MATERIAL FOR THE TASK
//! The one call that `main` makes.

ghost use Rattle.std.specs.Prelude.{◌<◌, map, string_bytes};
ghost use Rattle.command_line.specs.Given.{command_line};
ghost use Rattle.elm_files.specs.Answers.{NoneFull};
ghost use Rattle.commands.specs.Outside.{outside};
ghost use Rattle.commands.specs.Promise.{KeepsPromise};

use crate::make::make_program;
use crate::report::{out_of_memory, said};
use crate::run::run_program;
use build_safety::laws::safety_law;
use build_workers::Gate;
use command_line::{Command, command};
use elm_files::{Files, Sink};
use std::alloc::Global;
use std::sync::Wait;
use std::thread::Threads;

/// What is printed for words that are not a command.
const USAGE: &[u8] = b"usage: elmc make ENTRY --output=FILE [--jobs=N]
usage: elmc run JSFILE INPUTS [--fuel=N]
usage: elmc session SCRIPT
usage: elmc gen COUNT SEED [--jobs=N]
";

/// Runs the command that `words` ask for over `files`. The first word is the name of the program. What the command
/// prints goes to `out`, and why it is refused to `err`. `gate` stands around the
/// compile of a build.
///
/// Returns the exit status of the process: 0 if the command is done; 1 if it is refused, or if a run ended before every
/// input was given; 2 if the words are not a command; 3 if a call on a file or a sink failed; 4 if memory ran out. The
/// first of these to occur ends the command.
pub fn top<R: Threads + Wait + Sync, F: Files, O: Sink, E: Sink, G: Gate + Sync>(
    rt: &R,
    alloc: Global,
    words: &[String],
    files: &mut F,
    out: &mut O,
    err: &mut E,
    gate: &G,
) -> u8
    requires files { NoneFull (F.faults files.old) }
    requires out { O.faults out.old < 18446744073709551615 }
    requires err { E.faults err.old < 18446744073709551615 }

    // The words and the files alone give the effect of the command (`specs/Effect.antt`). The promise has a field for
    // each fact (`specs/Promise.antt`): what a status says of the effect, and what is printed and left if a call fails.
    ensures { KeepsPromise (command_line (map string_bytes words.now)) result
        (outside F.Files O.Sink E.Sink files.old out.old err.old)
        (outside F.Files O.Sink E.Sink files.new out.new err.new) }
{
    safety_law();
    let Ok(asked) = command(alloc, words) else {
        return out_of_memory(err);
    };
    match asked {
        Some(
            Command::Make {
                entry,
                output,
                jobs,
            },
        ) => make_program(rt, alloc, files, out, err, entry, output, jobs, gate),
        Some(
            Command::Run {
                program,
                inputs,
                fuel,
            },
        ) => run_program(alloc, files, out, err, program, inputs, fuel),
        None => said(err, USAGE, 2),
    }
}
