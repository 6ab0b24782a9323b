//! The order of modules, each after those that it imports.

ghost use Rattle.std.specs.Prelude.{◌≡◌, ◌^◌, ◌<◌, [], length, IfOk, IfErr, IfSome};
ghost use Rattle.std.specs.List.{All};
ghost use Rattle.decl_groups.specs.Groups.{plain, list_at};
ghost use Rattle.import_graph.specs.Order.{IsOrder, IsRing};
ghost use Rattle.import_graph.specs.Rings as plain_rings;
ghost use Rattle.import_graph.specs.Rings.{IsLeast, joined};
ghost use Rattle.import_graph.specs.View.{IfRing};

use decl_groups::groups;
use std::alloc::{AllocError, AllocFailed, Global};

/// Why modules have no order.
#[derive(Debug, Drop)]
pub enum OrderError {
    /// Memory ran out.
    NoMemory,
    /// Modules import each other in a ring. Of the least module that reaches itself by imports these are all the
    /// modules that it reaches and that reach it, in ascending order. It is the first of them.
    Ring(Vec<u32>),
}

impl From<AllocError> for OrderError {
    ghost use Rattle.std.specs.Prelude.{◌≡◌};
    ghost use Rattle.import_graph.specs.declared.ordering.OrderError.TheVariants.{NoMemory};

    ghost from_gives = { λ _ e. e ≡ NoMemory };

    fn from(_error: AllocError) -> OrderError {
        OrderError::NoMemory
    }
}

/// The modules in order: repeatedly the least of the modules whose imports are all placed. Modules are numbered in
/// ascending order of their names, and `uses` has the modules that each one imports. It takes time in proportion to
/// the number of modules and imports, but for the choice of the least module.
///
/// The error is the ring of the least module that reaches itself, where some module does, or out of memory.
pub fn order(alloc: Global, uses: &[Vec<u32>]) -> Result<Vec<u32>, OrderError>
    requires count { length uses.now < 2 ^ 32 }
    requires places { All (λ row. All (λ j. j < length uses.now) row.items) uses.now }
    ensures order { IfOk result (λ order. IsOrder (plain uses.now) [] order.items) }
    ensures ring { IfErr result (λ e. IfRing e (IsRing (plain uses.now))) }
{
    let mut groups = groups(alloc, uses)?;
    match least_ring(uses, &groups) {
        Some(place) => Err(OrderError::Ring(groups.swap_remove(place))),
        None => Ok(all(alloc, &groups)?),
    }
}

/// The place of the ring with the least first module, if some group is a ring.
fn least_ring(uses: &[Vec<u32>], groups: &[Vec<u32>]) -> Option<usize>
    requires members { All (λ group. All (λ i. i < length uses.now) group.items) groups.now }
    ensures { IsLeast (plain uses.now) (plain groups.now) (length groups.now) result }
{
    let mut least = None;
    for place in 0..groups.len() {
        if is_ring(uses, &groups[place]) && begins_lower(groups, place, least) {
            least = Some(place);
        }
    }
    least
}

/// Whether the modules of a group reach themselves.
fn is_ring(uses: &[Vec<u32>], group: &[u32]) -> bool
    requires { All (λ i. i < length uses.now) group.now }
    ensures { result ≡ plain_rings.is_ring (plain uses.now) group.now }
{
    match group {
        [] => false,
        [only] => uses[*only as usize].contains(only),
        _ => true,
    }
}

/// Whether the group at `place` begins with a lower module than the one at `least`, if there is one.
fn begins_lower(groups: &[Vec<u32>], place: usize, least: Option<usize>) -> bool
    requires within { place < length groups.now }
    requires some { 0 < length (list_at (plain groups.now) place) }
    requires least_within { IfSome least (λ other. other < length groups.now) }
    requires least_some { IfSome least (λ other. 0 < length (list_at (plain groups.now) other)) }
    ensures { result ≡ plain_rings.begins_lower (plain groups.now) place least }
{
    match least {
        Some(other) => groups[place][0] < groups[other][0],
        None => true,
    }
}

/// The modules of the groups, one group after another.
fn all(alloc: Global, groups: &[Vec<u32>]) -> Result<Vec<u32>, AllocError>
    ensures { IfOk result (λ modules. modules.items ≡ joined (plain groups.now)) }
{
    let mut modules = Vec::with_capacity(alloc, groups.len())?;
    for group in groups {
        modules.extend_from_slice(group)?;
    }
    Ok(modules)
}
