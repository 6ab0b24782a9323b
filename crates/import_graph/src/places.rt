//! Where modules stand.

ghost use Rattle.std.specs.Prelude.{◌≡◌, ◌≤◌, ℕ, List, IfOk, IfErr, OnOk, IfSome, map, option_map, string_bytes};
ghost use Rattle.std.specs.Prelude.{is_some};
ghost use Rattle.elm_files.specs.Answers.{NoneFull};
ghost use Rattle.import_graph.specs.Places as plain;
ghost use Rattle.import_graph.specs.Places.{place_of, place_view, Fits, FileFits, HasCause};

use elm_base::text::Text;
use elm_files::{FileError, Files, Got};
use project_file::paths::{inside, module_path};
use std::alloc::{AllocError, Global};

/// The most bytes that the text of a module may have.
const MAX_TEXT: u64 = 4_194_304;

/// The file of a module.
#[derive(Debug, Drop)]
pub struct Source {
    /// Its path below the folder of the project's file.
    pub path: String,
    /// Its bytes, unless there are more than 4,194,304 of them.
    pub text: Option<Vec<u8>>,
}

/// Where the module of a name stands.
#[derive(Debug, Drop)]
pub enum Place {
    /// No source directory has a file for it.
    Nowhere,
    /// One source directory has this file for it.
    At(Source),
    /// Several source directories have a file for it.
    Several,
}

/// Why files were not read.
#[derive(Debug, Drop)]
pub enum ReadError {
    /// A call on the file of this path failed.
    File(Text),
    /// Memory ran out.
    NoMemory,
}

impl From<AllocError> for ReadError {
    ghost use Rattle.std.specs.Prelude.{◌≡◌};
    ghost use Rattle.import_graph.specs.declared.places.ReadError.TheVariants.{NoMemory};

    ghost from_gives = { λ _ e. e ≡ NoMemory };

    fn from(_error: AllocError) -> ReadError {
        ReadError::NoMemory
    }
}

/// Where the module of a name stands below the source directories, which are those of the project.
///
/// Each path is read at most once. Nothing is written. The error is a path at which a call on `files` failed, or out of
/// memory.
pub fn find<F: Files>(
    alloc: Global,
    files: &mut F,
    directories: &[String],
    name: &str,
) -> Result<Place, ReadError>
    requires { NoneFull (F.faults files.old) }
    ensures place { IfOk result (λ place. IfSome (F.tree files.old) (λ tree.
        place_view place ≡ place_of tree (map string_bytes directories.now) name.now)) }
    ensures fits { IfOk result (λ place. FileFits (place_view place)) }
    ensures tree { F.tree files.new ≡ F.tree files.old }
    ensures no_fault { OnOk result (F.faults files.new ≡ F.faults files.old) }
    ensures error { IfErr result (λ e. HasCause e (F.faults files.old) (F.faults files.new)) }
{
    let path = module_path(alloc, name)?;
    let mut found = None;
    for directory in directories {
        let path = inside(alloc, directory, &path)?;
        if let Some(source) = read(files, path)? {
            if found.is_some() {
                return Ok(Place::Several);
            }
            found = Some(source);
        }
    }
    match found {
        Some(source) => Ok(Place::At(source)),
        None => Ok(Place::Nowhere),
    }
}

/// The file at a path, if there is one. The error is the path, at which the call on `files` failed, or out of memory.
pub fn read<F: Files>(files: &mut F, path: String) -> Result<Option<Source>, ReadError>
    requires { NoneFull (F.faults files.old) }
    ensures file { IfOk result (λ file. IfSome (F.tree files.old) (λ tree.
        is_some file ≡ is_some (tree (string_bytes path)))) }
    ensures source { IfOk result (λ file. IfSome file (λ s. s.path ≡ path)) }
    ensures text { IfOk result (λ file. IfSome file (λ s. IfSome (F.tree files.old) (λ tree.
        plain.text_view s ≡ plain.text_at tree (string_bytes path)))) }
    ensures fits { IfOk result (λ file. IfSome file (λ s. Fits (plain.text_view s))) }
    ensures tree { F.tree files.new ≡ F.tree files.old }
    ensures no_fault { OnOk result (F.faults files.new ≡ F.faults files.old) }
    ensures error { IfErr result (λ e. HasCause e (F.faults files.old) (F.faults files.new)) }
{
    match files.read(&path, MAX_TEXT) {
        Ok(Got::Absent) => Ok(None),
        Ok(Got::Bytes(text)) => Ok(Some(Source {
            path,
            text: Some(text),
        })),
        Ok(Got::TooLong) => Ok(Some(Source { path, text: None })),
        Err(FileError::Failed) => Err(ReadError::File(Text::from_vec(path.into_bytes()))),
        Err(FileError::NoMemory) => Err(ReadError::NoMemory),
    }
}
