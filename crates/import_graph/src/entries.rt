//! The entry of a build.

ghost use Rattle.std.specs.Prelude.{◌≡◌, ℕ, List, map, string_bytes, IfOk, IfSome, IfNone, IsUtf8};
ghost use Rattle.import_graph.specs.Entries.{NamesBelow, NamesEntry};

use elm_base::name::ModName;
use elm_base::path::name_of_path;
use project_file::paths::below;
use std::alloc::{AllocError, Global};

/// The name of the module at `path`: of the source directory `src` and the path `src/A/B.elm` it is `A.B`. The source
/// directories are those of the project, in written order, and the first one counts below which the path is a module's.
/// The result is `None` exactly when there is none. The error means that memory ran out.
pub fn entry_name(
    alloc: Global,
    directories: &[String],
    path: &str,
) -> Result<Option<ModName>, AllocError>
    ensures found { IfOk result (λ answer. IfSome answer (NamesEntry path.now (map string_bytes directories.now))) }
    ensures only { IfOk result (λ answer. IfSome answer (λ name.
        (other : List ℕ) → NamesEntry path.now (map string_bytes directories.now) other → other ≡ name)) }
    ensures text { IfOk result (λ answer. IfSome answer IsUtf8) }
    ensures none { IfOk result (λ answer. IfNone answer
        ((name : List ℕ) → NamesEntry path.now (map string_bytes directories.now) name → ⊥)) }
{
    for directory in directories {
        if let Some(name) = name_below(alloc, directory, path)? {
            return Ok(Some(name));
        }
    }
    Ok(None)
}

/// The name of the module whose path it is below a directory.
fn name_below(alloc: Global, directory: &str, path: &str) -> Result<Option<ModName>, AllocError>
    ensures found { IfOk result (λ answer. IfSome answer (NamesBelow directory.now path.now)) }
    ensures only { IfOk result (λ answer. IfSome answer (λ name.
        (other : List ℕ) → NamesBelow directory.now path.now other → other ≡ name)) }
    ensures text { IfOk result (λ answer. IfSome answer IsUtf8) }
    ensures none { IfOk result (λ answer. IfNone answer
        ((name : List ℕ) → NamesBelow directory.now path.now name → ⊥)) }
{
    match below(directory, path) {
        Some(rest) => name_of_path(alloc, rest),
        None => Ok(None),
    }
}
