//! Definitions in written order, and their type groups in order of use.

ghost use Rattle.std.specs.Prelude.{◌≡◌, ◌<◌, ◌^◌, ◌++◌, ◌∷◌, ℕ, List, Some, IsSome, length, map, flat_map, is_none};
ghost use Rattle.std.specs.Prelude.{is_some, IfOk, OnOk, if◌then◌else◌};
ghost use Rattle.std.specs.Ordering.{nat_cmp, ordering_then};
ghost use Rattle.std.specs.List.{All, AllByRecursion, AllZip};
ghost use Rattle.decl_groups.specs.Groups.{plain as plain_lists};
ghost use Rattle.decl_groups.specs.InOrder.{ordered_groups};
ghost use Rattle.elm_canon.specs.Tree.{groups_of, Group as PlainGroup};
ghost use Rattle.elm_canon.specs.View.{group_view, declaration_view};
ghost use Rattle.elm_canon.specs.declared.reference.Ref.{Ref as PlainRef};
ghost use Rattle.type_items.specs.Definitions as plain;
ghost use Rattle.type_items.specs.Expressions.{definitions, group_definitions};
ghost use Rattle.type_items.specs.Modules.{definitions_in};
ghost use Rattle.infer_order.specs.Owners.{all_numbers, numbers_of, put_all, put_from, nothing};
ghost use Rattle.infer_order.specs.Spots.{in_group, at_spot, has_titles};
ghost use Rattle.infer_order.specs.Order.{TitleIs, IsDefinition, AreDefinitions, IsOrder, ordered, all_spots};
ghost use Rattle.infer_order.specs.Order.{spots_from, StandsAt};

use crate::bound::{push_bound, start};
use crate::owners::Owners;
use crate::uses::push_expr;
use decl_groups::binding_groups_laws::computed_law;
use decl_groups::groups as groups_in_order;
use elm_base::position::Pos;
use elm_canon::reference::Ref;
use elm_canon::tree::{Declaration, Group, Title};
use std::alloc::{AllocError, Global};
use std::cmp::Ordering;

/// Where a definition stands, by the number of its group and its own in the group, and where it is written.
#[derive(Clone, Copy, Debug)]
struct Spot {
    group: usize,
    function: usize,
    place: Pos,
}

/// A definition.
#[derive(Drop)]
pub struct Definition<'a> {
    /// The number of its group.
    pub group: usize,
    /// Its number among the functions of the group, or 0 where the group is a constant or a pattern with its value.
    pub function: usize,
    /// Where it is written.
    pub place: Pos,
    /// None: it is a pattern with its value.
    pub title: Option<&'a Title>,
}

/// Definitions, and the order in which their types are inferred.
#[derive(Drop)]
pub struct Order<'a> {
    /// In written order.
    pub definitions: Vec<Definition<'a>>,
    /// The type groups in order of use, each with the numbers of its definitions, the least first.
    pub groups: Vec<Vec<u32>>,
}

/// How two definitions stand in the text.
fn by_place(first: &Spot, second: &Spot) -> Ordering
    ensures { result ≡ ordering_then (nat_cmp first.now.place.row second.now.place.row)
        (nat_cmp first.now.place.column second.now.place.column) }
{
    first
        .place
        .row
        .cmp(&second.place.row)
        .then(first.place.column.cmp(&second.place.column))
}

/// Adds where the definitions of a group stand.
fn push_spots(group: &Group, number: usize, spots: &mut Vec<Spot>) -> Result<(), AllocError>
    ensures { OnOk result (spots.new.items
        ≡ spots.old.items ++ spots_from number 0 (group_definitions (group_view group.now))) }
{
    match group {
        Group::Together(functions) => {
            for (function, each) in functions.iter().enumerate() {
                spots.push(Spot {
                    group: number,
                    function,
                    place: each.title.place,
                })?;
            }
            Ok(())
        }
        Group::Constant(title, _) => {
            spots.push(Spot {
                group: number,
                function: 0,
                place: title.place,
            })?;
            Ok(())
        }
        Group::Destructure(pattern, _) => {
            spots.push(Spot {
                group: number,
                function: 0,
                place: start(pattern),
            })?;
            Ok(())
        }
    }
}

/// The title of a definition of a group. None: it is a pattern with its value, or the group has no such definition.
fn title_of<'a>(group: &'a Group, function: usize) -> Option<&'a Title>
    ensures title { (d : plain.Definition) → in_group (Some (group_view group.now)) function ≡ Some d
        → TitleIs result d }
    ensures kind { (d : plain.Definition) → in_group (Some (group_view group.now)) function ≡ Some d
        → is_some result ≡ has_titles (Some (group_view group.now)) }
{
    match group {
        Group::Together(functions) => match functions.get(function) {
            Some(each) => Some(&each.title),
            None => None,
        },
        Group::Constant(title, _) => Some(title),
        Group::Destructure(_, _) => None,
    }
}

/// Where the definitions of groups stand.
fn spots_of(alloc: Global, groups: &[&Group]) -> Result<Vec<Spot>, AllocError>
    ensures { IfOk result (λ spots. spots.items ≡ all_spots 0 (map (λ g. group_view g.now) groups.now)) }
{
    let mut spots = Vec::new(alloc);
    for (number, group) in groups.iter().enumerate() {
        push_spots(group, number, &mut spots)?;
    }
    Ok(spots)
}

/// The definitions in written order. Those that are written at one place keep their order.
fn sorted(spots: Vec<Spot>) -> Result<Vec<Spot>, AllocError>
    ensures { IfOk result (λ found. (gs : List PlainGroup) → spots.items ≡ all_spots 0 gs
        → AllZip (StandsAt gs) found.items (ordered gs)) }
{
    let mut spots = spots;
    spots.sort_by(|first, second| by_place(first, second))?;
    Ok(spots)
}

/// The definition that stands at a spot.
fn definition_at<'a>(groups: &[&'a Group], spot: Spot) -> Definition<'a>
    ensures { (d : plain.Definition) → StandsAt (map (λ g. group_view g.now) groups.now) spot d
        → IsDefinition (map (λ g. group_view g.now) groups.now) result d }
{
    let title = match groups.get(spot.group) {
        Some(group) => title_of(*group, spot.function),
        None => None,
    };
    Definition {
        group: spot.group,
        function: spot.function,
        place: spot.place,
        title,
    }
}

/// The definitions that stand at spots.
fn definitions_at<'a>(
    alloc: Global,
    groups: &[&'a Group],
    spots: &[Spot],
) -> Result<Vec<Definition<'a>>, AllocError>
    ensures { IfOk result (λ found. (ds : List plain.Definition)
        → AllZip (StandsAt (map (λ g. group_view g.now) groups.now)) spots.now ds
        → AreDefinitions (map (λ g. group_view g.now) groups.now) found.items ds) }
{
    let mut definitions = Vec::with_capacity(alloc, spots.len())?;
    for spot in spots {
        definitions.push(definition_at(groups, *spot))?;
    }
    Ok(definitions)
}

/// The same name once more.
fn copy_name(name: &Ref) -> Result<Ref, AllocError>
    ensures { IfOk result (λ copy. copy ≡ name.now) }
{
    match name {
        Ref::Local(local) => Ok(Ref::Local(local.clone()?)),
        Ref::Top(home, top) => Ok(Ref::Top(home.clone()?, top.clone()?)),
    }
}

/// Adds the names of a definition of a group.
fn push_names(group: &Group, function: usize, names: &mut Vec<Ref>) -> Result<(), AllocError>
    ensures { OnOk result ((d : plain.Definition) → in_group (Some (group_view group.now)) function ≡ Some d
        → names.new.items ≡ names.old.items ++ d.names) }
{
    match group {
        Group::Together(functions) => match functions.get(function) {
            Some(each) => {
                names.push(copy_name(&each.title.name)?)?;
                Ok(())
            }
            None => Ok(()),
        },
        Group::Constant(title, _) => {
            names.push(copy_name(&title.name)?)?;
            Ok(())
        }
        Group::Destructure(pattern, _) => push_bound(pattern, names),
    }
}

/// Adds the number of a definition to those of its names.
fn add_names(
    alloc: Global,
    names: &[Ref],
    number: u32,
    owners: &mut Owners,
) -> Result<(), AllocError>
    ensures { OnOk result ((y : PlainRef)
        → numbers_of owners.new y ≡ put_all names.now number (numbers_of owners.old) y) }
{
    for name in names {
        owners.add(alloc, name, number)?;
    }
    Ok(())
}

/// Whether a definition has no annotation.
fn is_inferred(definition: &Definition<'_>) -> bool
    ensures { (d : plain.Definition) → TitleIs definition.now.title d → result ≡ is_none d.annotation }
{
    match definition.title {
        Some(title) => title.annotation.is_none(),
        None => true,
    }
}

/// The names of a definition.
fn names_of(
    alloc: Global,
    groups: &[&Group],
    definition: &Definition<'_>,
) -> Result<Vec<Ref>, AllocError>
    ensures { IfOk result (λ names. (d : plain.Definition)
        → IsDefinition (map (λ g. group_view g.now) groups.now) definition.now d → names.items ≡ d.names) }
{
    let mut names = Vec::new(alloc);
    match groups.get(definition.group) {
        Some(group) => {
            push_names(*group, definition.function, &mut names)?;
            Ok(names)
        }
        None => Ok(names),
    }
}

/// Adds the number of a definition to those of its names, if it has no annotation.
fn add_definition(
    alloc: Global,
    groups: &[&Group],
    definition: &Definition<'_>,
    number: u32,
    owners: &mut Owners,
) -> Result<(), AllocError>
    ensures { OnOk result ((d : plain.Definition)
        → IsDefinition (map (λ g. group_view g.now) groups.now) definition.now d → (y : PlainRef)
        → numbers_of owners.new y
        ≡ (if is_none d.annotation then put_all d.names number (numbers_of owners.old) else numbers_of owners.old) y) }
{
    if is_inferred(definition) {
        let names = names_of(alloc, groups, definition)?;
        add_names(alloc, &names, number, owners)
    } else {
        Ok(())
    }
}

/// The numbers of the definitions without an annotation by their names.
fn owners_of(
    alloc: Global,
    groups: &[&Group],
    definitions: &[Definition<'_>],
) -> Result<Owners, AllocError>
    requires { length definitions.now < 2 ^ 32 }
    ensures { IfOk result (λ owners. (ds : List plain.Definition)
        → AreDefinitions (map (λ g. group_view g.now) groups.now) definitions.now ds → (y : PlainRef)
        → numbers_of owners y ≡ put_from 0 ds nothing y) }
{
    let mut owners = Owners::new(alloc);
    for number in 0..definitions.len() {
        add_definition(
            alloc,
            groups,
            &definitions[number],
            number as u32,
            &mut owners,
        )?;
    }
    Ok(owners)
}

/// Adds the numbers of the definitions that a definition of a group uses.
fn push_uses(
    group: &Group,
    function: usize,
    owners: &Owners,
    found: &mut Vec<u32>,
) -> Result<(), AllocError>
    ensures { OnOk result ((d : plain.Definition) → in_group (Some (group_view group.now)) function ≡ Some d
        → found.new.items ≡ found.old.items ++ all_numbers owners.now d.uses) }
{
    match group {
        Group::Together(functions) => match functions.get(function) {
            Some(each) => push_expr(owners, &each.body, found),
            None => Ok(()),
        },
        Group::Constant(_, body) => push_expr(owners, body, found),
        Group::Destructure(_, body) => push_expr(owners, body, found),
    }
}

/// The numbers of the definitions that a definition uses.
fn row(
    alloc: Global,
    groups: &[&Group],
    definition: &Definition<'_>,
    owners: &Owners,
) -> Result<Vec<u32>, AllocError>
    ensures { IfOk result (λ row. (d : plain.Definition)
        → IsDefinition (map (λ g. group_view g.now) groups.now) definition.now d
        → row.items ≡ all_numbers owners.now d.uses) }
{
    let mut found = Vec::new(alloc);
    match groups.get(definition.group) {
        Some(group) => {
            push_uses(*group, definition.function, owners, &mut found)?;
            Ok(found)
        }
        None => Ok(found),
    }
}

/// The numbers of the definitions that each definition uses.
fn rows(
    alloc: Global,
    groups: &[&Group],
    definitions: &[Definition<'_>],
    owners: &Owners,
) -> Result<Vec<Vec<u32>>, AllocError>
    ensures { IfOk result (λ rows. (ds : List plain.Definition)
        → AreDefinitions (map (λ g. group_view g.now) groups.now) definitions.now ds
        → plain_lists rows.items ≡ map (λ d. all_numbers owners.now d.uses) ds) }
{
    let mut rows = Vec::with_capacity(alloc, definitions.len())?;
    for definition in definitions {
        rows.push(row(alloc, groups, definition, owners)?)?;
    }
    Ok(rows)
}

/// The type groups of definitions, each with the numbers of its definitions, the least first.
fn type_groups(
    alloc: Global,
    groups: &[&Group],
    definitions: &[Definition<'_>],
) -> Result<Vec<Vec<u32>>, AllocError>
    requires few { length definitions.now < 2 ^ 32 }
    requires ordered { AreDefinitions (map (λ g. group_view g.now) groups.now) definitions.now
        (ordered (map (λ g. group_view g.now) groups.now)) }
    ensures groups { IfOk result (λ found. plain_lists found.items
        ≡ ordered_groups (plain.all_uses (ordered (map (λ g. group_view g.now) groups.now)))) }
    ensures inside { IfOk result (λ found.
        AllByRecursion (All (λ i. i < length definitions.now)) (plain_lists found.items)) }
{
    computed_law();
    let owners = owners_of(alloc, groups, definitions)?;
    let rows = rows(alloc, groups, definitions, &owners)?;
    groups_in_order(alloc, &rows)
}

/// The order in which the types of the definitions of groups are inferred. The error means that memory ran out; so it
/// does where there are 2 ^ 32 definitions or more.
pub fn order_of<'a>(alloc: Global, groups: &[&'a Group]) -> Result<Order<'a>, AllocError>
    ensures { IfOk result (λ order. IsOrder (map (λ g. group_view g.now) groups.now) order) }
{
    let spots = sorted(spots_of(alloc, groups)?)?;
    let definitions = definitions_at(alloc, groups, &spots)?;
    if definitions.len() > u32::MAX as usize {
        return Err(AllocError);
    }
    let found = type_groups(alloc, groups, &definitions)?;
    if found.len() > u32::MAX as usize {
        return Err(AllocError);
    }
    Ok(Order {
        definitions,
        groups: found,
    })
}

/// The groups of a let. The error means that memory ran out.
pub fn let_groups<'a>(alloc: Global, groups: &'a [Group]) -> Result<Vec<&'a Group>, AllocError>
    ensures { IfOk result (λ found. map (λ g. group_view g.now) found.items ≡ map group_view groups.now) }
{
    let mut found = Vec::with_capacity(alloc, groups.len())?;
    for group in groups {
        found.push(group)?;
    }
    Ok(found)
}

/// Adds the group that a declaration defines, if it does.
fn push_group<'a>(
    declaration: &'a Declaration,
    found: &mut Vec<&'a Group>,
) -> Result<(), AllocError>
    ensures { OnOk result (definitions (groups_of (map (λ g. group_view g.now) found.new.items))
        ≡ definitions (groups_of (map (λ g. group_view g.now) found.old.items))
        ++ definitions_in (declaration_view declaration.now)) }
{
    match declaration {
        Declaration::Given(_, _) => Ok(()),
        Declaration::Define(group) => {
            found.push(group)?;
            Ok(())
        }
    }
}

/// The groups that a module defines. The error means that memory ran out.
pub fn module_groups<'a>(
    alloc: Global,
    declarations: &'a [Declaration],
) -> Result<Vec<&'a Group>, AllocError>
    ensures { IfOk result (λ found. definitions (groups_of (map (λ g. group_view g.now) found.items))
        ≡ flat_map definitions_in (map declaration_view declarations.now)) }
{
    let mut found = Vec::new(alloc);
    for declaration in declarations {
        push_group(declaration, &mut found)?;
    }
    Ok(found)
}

PROBLEM TO SOLVE
Determine how many lines above contain the word "StandsAt", then give the number by itself.

YOUR SOLUTION
4